You can use whatever you want to provide surface area for the flies just as any other media.

Everyone should have their SuperFly that ordered early last week, and be making media by now 

Cheers, Allen


----------



## Boondoggle

Allen Repashy said:


> You can use whatever you want to provide surface area for the flies just as any other media.
> 
> Everyone should have their SuperFly that ordered early last week, and be making media by now
> 
> Cheers, Allen


I made 6 cultures today, 4 of them SuperFly, 2 my old standard. I'm keeping track of my actions/observation in a journal which I will post in a month or so after they have run their course. Thanks again, Allen.


----------



## Tony

Made my test cultures today. 2/3 of a cup was not nearly enough water to fully hydrate the mix, but after adding more and mixing it up all seems to be well.


----------



## Allen Repashy

Thanks Tony,

This is good feedback. How did it mix for the others who followed the instructions? It is difficult to come with exact instructions by volume and not weight, but I think it needs to be easy and this is a pretty close measurement. I am sure you all have noticed that the mix absorbs more water than other medias. 

If everyone is in consensus that it needs a little more than 2/3 cup of water to balance out 1/4 cup of media, I can adjust by adding a bit more brewers yeast, which doesn't absorb water.

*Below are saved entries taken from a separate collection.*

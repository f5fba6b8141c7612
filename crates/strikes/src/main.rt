// Evaluates the query in `query.bin` over the facts in `facts.bin`, both in the current folder, and prints what `report` promises: the
// counts and the rows, or a refusal. An absent file is an empty one. Of a file that is too long one byte past its limit is read, which
// is enough (strikes-fronts of report's LongFiles).
#![tactic(auto)]

ghost use Rattle.std.specs.Prelude.{◌≡◌, ◌≤◌, length, take};

use report::write_strikes;
use std::fs::File;
use std::io;
use std::io::{Read, Write};

// Reads a file to the front of a buffer, as far as it fits. Answers how many bytes that are.
fn load(rt: &HostRuntime, path: &str, buffer: &mut [u8]) -> usize
    ensures { (result ≤ length buffer.new) × (result ≡ length (take result buffer.new)) }
{
    let Ok(mut file) = File::open(rt, path) else {
        return 0;
    };
    let mut n = 0;
    while n < buffer.len() {
        let Ok(more) = file.read(&mut buffer[n..]) else {
            return n;
        };
        if more == 0 {
            return n;
        }
        n += more;
    }
    n
}

fn main(rt: HostRuntime) -> io::Result<()> {
    let mut facts = [0u8; 65530];
    let mut query = [0u8; 5121];
    // The text is never longer (text-whole of report's WholeText).
    let mut text = [0u8; 200000];
    let f = load(&rt, "facts.bin", &mut facts);
    let q = load(&rt, "query.bin", &mut query);
    let n = write_strikes(&facts[..f], &query[..q], &mut text);
    rt.stdout().write_all(&text[..n])
}
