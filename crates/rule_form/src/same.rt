//! Whether two values are equal.

ghost use Rattle.std.specs.Prelude.{◌≡◌, ◌↔◌, IsTrue};

use node_tree::{List, Pattern, Text};

/// Values that can be told apart.
pub trait Same {
    /// Whether the two values are equal.
    fn same(&self, other: &Self) -> bool
        ensures { IsTrue result ↔ (self.now ≡ other.now) };
}

/// Whether the items are equal, in the same order.
pub fn same_all<T: Same>(a: &[T], b: &[T]) -> bool
    ensures { IsTrue result ↔ (a.now ≡ b.now) }
{
    if a.len() != b.len() {
        return false;
    }
    for (i, item) in a.iter().enumerate() {
        if !item.same(&b[i]) {
            return false;
        }
    }
    true
}

impl<T: Same> Same for List<T> {
    fn same(&self, other: &List<T>) -> bool {
        same_all(self.as_slice(), other.as_slice())
    }
}

impl<T: Same> Same for Option<T> {
    fn same(&self, other: &Option<T>) -> bool {
        match (self, other) {
            (Some(a), Some(b)) => a.same(b),
            (None, None) => true,
            _ => false,
        }
    }
}

impl Same for Text {
    fn same(&self, other: &Text) -> bool {
        self.is_same(other)
    }
}

impl Same for Pattern {
    fn same(&self, other: &Pattern) -> bool {
        Pattern::same(self, other)
    }
}
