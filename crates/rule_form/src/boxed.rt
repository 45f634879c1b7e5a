//! A value of a place of its own, which contracts see as the value alone.

ghost use Rattle.std.specs.Prelude.{◌≡◌, IfOk};

use node_tree::Memory;
use std::alloc::Global;
use std::marker::Model;

/// A `Box` that contracts see as its value. So two of them are equal in a contract wherever their values are, though a `Box`
/// also has its place there.
#[derive(Drop)]
pub struct Boxed<T> {
    inner: Box<T>,
}

impl<T> Model for Boxed<T> {
    ghost Value = { T };

    ghost coded = { T.code };

    ghost view = { λ b. b.inner.value };
}

impl<T> Boxed<T> {
    /// The value.
    pub fn get(&self) -> &T
        ensures { result.now ≡ self.now }
    {
        &self.inner
    }

    /// Where the place comes from.
    pub fn alloc(&self) -> Global {
        *Box::allocator(&self.inner)
    }
}

impl<T: Drop> Boxed<T> {
    /// Puts a value in a place of its own.
    pub fn new(alloc: Global, value: T) -> Result<Boxed<T>, Memory>
        ensures { IfOk result (λ b. b ≡ value) }
    {
        Ok(Boxed {
            inner: Box::new(alloc, value)?,
        })
    }
}
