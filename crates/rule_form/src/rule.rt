//! Rules.

ghost use Rattle.std.specs.Prelude.{◌≡◌, ◌↔◌, IsTrue};

use crate::formula::Formula;
use crate::same::Same;
use node_tree::{Lang, List, Memory, Pattern, Text, Twin};

/// What carries taint from one metavariable to another.
#[derive(Drop)]
pub struct Propagator {
    pub formula: Formula,
    /// The name that the taint comes from, with its `$`.
    pub source: Text,
    /// The name that the taint goes to, with its `$`.
    pub target: Text,
}

/// Where taint comes from, where it does harm, what ends it, and what carries it on.
#[derive(Drop)]
pub struct TaintRule {
    pub sources: List<Formula>,
    pub sinks: List<Formula>,
    pub sanitizers: List<Formula>,
    pub propagators: List<Propagator>,
}

/// What a part looks for.
#[derive(Drop)]
pub enum Body {
    Search(Formula),
    Taint(TaintRule),
}

/// A rule in one language: its patterns, in reading order, and the body that names them by number.
#[derive(Drop)]
pub struct Part {
    pub lang: Lang,
    pub patterns: List<Pattern>,
    pub body: Body,
}

/// How bad a finding is.
#[derive(Clone, Copy, Debug, PartialEq, Eq)]
pub enum Severity {
    Info,
    Warning,
    Error,
    Low,
    Medium,
    High,
    Critical,
}

/// A rule.
#[derive(Drop)]
pub struct Rule {
    pub id: Text,
    pub message: Text,
    pub severity: Severity,
    pub fix: Option<Text>,
    /// Globs of which one must match a path. Where there are none every path will do.
    pub include: List<Text>,
    /// Globs of which none may match a path.
    pub exclude: List<Text>,
    /// The options that have no meaning here, in written order.
    pub unread: List<Text>,
    /// The regular expressions, each once, in the order of their first uses.
    pub texts: List<Text>,
    /// One part for each language, in written order.
    pub parts: List<Part>,
}

impl Rule {
    /// Whether the two rules are equal in all their parts.
    pub fn same_rule(&self, other: &Rule) -> bool
        ensures { IsTrue result ↔ (self.now ≡ other.now) }
    {
        self.severity == other.severity
            && self.id.is_same(&other.id)
            && self.message.is_same(&other.message)
            && self.fix.same(&other.fix)
            && self.include.same(&other.include)
            && self.exclude.same(&other.exclude)
            && self.unread.same(&other.unread)
            && self.texts.same(&other.texts)
            && self.parts.same(&other.parts)
    }
}

impl Twin for Rule {
    fn copy(&self) -> Result<Rule, Memory> {
        let fix = match &self.fix {
            Some(fix) => Some(fix.copy()?),
            None => None,
        };
        Ok(Rule {
            id: self.id.copy()?,
            message: self.message.copy()?,
            severity: self.severity,
            fix,
            include: self.include.copy()?,
            exclude: self.exclude.copy()?,
            unread: self.unread.copy()?,
            texts: self.texts.copy()?,
            parts: self.parts.copy()?,
        })
    }
}

impl Same for Part {
    fn same(&self, other: &Part) -> bool {
        self.lang == other.lang
            && self.patterns.same(&other.patterns)
            && self.body.same(&other.body)
    }
}

impl Twin for Part {
    fn copy(&self) -> Result<Part, Memory> {
        Ok(Part {
            lang: self.lang,
            patterns: self.patterns.copy()?,
            body: self.body.copy()?,
        })
    }
}

impl Same for Body {
    fn same(&self, other: &Body) -> bool {
        match (self, other) {
            (Body::Search(a), Body::Search(b)) => a.same(b),
            (Body::Taint(a), Body::Taint(b)) => a.same(b),
            _ => false,
        }
    }
}

impl Twin for Body {
    fn copy(&self) -> Result<Body, Memory> {
        match self {
            Body::Search(formula) => Ok(Body::Search(formula.copy()?)),
            Body::Taint(rule) => Ok(Body::Taint(rule.copy()?)),
        }
    }
}

impl Same for TaintRule {
    fn same(&self, other: &TaintRule) -> bool {
        self.sources.same(&other.sources)
            && self.sinks.same(&other.sinks)
            && self.sanitizers.same(&other.sanitizers)
            && self.propagators.same(&other.propagators)
    }
}

impl Twin for TaintRule {
    fn copy(&self) -> Result<TaintRule, Memory> {
        Ok(TaintRule {
            sources: self.sources.copy()?,
            sinks: self.sinks.copy()?,
            sanitizers: self.sanitizers.copy()?,
            propagators: self.propagators.copy()?,
        })
    }
}

impl Same for Propagator {
    fn same(&self, other: &Propagator) -> bool {
        self.source.is_same(&other.source)
            && self.target.is_same(&other.target)
            && self.formula.same(&other.formula)
    }
}

impl Twin for Propagator {
    fn copy(&self) -> Result<Propagator, Memory> {
        Ok(Propagator {
            formula: self.formula.copy()?,
            source: self.source.copy()?,
            target: self.target.copy()?,
        })
    }
}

This would also add a little more protein, which like I said before, I keep going back and forth on by a percentage point. So for those of you out there who have mixed it up, how did you find the ratio to work for you? Did you need to add more water? Tony, did you use measuring spoons, or a cup?

Allen


----------



## Tony

I used 1/4 cup and 1/3 cup spoons.


----------



## Azurel

Allen Repashy said:


> Thanks Tony,
> 
> This is good feedback. How did it mix for the others who followed the instructions? It is difficult to come with exact instructions by volume and not weight, but I think it needs to be easy and this is a pretty close measurement. I am sure you all have noticed that the mix absorbs more water than other medias.
> 
> If everyone is in consensus that it needs a little more than 2/3 cup of water to balance out 1/4 cup of media, I can adjust by adding a bit more brewers yeast, which doesn't absorb water. This would also add a little more protein, which like I said before, I keep going back and forth on by a percentage point. So for those of you out there who have mixed it up, how did you find the ratio to work for you? Did you need to add more water? Tony, did you use measuring spoons, or a cup?
> 
> Allen


I used a measuring spoon, the first batch I made the 2/3 was enough, but the second one I had to add a bit more water. I am not sure but it could have been in my case the first one, the water was hotter then the second. I am going to make 3 more tomorrow and will do it exactly the same and see what happends. If I have to add more water this time I will measure how much more this way I can have some numbers to report back to you.


----------



## frogparty

I added the exact amount as per instructions on the bag. Full absorption takes a long time, but it ended up being enough for me, using boiling water

I think next time Ill put 1/8 cup media in jar, then 1/3 cup h2o, then another 1/8cup media, then another 1/3 cup h2o and see if the mixing doesnt become easier


----------



## fleshfrombone

I've noticed the same. I poured 1/3 cup of medium in a deli cup, added 2/3 cup of boiling water, attempted to stir, boy the stuff expands end gets thick quick.


----------



## NathanB

Did the 1st part of this ever get reposted?


----------



## Allen Repashy

fleshfrombone said:


> I've noticed the same. I poured 1/3 cup of medium in a deli cup, added 2/3 cup of boiling water, attempted to stir, boy the stuff expands end gets thick quick.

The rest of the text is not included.